It’s tennis season and memories of being turned away at the Wimbledon turnstiles still haunt me. Not even a frilly white frock, pretend tennis racquet and packet of strawberries was going to convince the security guards to let us in. I was probably 8 or 9 and Mum normally managed to blag her way in anywhere. Not this time, despite the flirting, protests and pushing me forward and ordering me to smile nicely. I knew at the time that my outfit was ridiculous. Tennis players wore short, simple tunics and not frilly bridal dresses. Nobody was going to be convinced by a pink plastic toy tennis racquet and as for the strawberries … mushy and inedible. Years later I was able to sneak in with my BBC ID pass and watch from the commentary boxes, As always, looking back, this was Mum at her most creative; trying to make a dream come true and cementing future memories. Cemented they were, but maybe not for the right reasons.

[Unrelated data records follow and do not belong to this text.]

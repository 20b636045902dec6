//! An index in memory beside the filter of the whole list.
use crate::checks::holds;
use crate::made::{made_headwords, repeated};
use dict_match::{Key, Strategy, key_of, matches};
use std::alloc::Global;
use std::process::Abort;
use store_derived::select;
use store_search::{Index, IndexBuilder, edition_laws, selection_law};

// What a line of an index says: a headword, what is shown, and where the text begins and how long it is.
type Line<'a> = (&'a str, &'a str, usize, usize);

static LINES: [Line<'static>; 10] = [
    ("opal", "opal", 0, 3),
    ("Fire Opal", "Fire Opal", 3, 4),
    ("fire-opal", "Fire Opal", 7, 5),
    ("opal", "Opal", 12, 1),
    ("o", "o", 13, 2),
    ("opals of fire", "opals of fire", 15, 6),
    ("ÉTÉ", "été", 21, 7),
    ("été", "été", 28, 8),
    ("b a b", "b a b", 36, 9),
    ("+", "plus", 45, 10),
];

const ASKED: &str = "
o
a
op
opal
al
fire
fire opal
pal
été
a query that is longer than every key
";

// The headwords of the databases of examples/.
const EXAMPLES: &str = "00-database-short
opal
Fire Opal
dot
iron
00-database-info
00-database-utf8
accent
diacritic
agate
aldine leaf
fleuron
❦
alignment
ampersand
&c
aperture
apex
arm
ascender
asterism
⁂
asterisk
ball terminal
bar
baseline
baseline grid
bastard title
half title
blackletter
Fraktur
textura
bleed
body
bold
bowl
bracket
bullet
•
cap height
caret
‸
cast-off
cedilla
ç
chase
cicero
colophon
composing stick
contrast
counter
crotch
dagger
obelisk
†
decimal tab
descender
diaeresis
tréma
naïve
dingbat
drop cap
ear
ellipsis
…
em
em dash
—
en
en dash
–
esperluette
eszett
ß
figure dash
flush left
folio
font
fount
full stop
period
.
galley
glyph
guillemets
« »
gutter
hair space
hanging punctuation
hyphen
incipit
indent
initial
interpunct
·
interrobang
‽
italic
justification
kerning
leader
leading
ligature
ﬁ
lining figures
long s
ſ
lowercase
minuscule
majuscule
uppercase
manicule
☞
moiré
oldstyle figures
orphan
Œuvre
œ
pica
pilcrow
¶
pixel
point
prime
′
quad
quotation marks
river
roff request
roman
rule
running head
sans serif
grotesque
section sign
§
serif
small caps
solidus
⁄
sort
stem
swash
tilde
ñ
~
tracking
umlaut
ü
Übersatz
versal
widow
x-height
zero-width space
";

const ASKED_OF_EXAMPLES: &str = "
a
in
line
space
00
database
Fire Opal
opal fire
half title
title
em
—
ß
ss
œ
Übersatz
ï
« »
a query that is longer than every key
";

// Runs of letters that the made headwords have, beside whole ones.
const RUNS: &str = "e
e a
th
tio
ea7
α
σσ
λμν
α β
ب
بت
ا ب
क
का
ख ग
א
אב
ש ל
天
天地
日月盈
天 地
a query that is longer than every key
";

// Keys that begin with one another.
const NESTED: &str = "a
ab
abc
abcd
abcde
abcdef
abcdefg
abcdefgh
abcdefghi
abcdefghij
abcdefghijk
abcdefghijkl
";

/// How many lines an edition may have.
const MOST: usize = 262_144;

// Texts, a line for each headword and for each query, and how many the queries find by all strategies: as many as a filter in Python.
static TEXTS: [(&str, &str, usize); 4] = [
    ("o", "o", 7),
    ("", ASKED, 0),
    (EXAMPLES, ASKED_OF_EXAMPLES, 213),
    // 12 by each of five strategies, and by two each key of twelve with all that are longer
    (NESTED, NESTED, 5 * 12 + 2 * 78),
];

// Lines, of which one has its text past what 32 bits count.
static FAR: [Line<'static>; 3] = [
    ("a", "a", 1, 2),
    ("b", "b", 4_294_967_296, 3),
    ("c", "c", 4, 5),
];

fn lines_of<'a>(rt: &impl Abort, alloc: Global, text: &'a str) -> Vec<Line<'a>> {
    let mut lines = Vec::new(alloc);
    for headword in text.lines() {
        lines
            .push((headword, headword, 0, headword.len()))
            .expect(rt, "memory");
    }
    lines
}

fn push_lines(rt: &impl Abort, builder: &mut IndexBuilder, lines: &[Line]) {
    for line in lines {
        builder
            .push(line.0, line.1, line.2, line.3)
            .expect(rt, "memory");
    }
}

fn built(rt: &impl Abort, alloc: Global, lines: &[Line]) -> Index {
    let mut builder = IndexBuilder::new(alloc);
    push_lines(rt, &mut builder, lines);
    assert!(rt; builder.len() <= MOST, "so many lines");
    builder.finish().expect(rt, "an index")
}

fn push_key(rt: &impl Abort, alloc: Global, keys: &mut Vec<Key>, text: &str) {
    let key = key_of(alloc, text).expect(rt, "a key");
    keys.push(key).expect(rt, "memory");
}

fn keys_of(rt: &impl Abort, alloc: Global, lines: &[Line]) -> Vec<Key> {
    let mut keys = Vec::new(alloc);
    for line in lines {
        push_key(rt, alloc, &mut keys, line.0);
    }
    keys
}

// The keys of the queries, a line for each.
fn keys_asked(rt: &impl Abort, alloc: Global, asked: &str) -> Vec<Key> {
    let mut keys = Vec::new(alloc);
    for query in asked.lines() {
        push_key(rt, alloc, &mut keys, query);
    }
    keys
}

// The places of the keys that the query finds: the filter of the whole list.
fn filtered(
    rt: &impl Abort,
    alloc: Global,
    keys: &[Key],
    strategy: Strategy,
    query: &[u8],
) -> Vec<u32> {
    let mut places = Vec::new(alloc);
    let mut place: u32 = 0;
    for key in keys {
        if matches(strategy, query, key.as_bytes()) {
            places.push(place).expect(rt, "memory");
        }
        place = place.wrapping_add(1);
    }
    places
}

fn count_candidates(
    rt: &impl Abort,
    alloc: Global,
    index: &Index,
    strategy: Strategy,
    query: &[u8],
) -> usize {
    let selection = select(alloc, strategy, query).expect(rt, "a selection");
    let candidates = index.candidates(alloc, &selection);
    drop(selection);
    candidates.expect(rt, "candidates").len()
}

// Whether a query finds these places, and is counted and looks at entries as many as it is to.
fn finds(
    rt: &impl Abort,
    alloc: Global,
    index: &Index,
    strategy: Strategy,
    query: &[u8],
    wanted: &[u32],
) -> bool {
    let counted = index
        .count_entries(alloc, strategy, query)
        .expect(rt, "a count");
    let looked_at = count_candidates(rt, alloc, index, strategy, query);
    let found = index.find(alloc, strategy, query).expect(rt, "places");
    found.places.as_slice() == wanted
        && counted.count == wanted.len()
        && looked_at == found.looked_at
}

// One query of some lines, beside the filter: how many it finds.
fn try_one(
    rt: &impl Abort,
    alloc: Global,
    index: &Index,
    keys: &[Key],
    strategy: Strategy,
    query: &[u8],
) -> usize {
    let wanted = filtered(rt, alloc, keys, strategy, query);
    let is_so = finds(rt, alloc, index, strategy, query, wanted.as_slice());
    holds(rt, is_so, strategy.name());
    wanted.len()
}

// Each query by one strategy: how many they find.
fn try_queries(
    rt: &impl Abort,
    alloc: Global,
    index: &Index,
    keys: &[Key],
    strategy: Strategy,
    asked: &[Key],
) -> usize {
    let mut found: usize = 0;
    for query in asked {
        let some = try_one(rt, alloc, index, keys, strategy, query.as_bytes());
        found = found.wrapping_add(some);
    }
    found
}

// Each query by each of the strategies: how many they find.
fn try_strategies(
    rt: &impl Abort,
    alloc: Global,
    index: &Index,
    keys: &[Key],
    strategies: &[Strategy],
    asked: &[Key],
) -> usize {
    let mut found: usize = 0;
    for strategy in strategies {
        let some = try_queries(rt, alloc, index, keys, *strategy, asked);
        found = found.wrapping_add(some);
    }
    found
}

// The same of an index of the lines, and of queries, a line for each.
fn try_lines(
    rt: &impl Abort,
    alloc: Global,
    lines: &[Line],
    strategies: &[Strategy],
    asked: &str,
) -> usize {
    let asked = keys_asked(rt, alloc, asked);
    let keys = keys_of(rt, alloc, lines);
    let index = built(rt, alloc, lines);
    let found = try_strategies(rt, alloc, &index, &keys, strategies, &asked);
    drop(index);
    found
}

// The same of a text, with a line for each headword.
fn try_text(
    rt: &impl Abort,
    alloc: Global,
    text: &str,
    strategies: &[Strategy],
    asked: &str,
) -> usize {
    let lines = lines_of(rt, alloc, text);
    try_lines(rt, alloc, lines.as_slice(), strategies, asked)
}

#[test]
fn queries_find_what_the_filter_finds(rt: HostRuntime) {
    edition_laws();
    selection_law();
    let found = try_lines(&rt, rt.alloc(), &LINES, &Strategy::ALL, ASKED);
    holds(&rt, found > 0, "found");
}

#[test]
fn as_many_are_found_as_are_wanted(rt: HostRuntime) {
    for (text, asked, wanted) in &TEXTS {
        let found = try_text(&rt, rt.alloc(), *text, &Strategy::ALL, *asked);
        holds(&rt, found == *wanted, asked);
    }
}

// How many queries find that are made as the headwords are, with others behind them.
fn try_scripts(rt: &impl Abort, alloc: Global, text: &str) -> usize {
    let mut asked = made_headwords(rt, alloc, 5);
    asked.push_str(RUNS).expect(rt, "memory");
    try_text(rt, alloc, text, &Strategy::ALL, asked.as_str())
}

#[test]
fn headwords_in_six_scripts(rt: HostRuntime) {
    let text = made_headwords(&rt, rt.alloc(), 3_400);
    let found = try_scripts(&rt, rt.alloc(), text.as_str());
    // as many as a filter in Python finds
    holds(&rt, found == 13_167, "found");
}

#[test]
fn equal_keys(rt: HostRuntime) {
    let text = repeated(&rt, rt.alloc(), "opal\n", 262_144);
    let strategies = [Strategy::Exact, Strategy::Prefix, Strategy::Substring];
    let found = try_text(&rt, rt.alloc(), text.as_str(), &strategies, "opal");
    holds(&rt, found == 3 * 262_144, "found");
}

// Whether the entry at a place is of this line.
fn is_of(index: &Index, place: u32, line: &Line) -> bool {
    let entry = index.entry(place);
    entry.shown == line.1 && entry.start == line.2 && entry.size == line.3
}

// The entries are of these lines, and there are no others.
fn look_at_entries(rt: &impl Abort, index: &Index, lines: &[Line]) {
    let mut place: u32 = 0;
    for line in lines {
        holds(rt, is_of(index, place, line), line.0);
        place = place.wrapping_add(1);
    }
    let is_last = index.len() == lines.len() && index.entry(place).shown == "";
    holds(rt, is_last, "the last");
}

fn look_at_headwords(rt: &impl Abort, alloc: Global, index: &Index) {
    let counted = index
        .count_headwords(alloc, Strategy::Suffix, b"opal")
        .expect(rt, "a count");
    holds(rt, counted.count == 3 && counted.looked_at == 4, "opal");
    let found = index
        .find_headwords(alloc, Strategy::Suffix, b"opal")
        .expect(rt, "places");
    let is_so = found.places.as_slice() == [0, 1, 3].as_slice();
    holds(rt, is_so, "opal");
}

#[test]
fn headwords_come_once_and_entries_by_their_places(rt: HostRuntime) {
    let index = built(&rt, rt.alloc(), &LINES);
    look_at_entries(&rt, &index, &LINES);
    look_at_headwords(&rt, rt.alloc(), &index);
    drop(index);
}

#[test]
fn spans_of_any_size_are_kept(rt: HostRuntime) {
    let index = built(&rt, rt.alloc(), &FAR);
    look_at_entries(&rt, &index, &FAR);
    drop(index);
}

Barnet Council has brought back a Summer Festival and is putting on outdoor cinema events for us all to enjoy for free. Walking past the giant screen earlier with my little dog I heard the familiar plock, plock of the match and no doubt all eyes will be glued to Emma Raducanu as she slams her way into tennis history later today. I did start tennis lessons (in protest) at senior school, but was soon excused after messing around and not taking it seriously. Our tennis coach, the formidable Miss Harris, taught us how to serve … “ball UP, look UP, racquet back, watch ball and THROW the racquet over”. Yes, of course I knew that what she meant was to keep hold of the racquet while making a throwing motion to contact the ball and send it over the net. My first attempt was a disaster as I missed the ball. “You’re supposed to hit the ball, Sonia, not watch it drop to the ground.” Yeah, yeah, yeah. Second attempt. Right – up, look, racquet back, watch and throw. Clatter, clatter, clatter. “You’re not supposed to actually throw the racquet across the court, Sonia.” Yeah, yeah, yeah. I was much happier running around the square, making faces at the tennis students who probably wished they’d had the balls to risk the wrath of Harris. The only competitive sport she ever convinced me to take part in was hockey which I also loathed. All that knocking of sticks, whacking shins and getting up at dawn for hockey matches. I made myself very good at defending the goal which meant that not only did I have shin pads, I didn’t have to do all that running up and down the pitch. Netball was OK as I was tall and was often made goalie. Again, lots of knocking the ball back and not having to run around too much.
So now we’re approaching a life after lockdown with more time to actually go to things I’m going to apply for tickets for Wimbledon next year – and in my precious mum’s honour I’m going to try and find a white frilly frock to wear. Looking back, I’m pleased we didn’t get in because she would have been heckling the players no doubt, gate-crashing VIP areas, digging up bits of grass for me to take home as a souvenir (I’ll tell you that story another time) and hoovering up the spare strawberries left by the posh people who bought them inside the club grounds. She came to the Finchley Festival once – the yearly event with dozens of highly decorated floats, Carnival Queens, displays, events and a huge fairground. There was so much noise around that nobody really noticed her loud singing and she even managed to get herself a ride on a police horse by flirting with the mounted policeman who wasn’t laughing at first when she stood on a chair and tried to mount his horse to sit behind him. Advantage Margaret.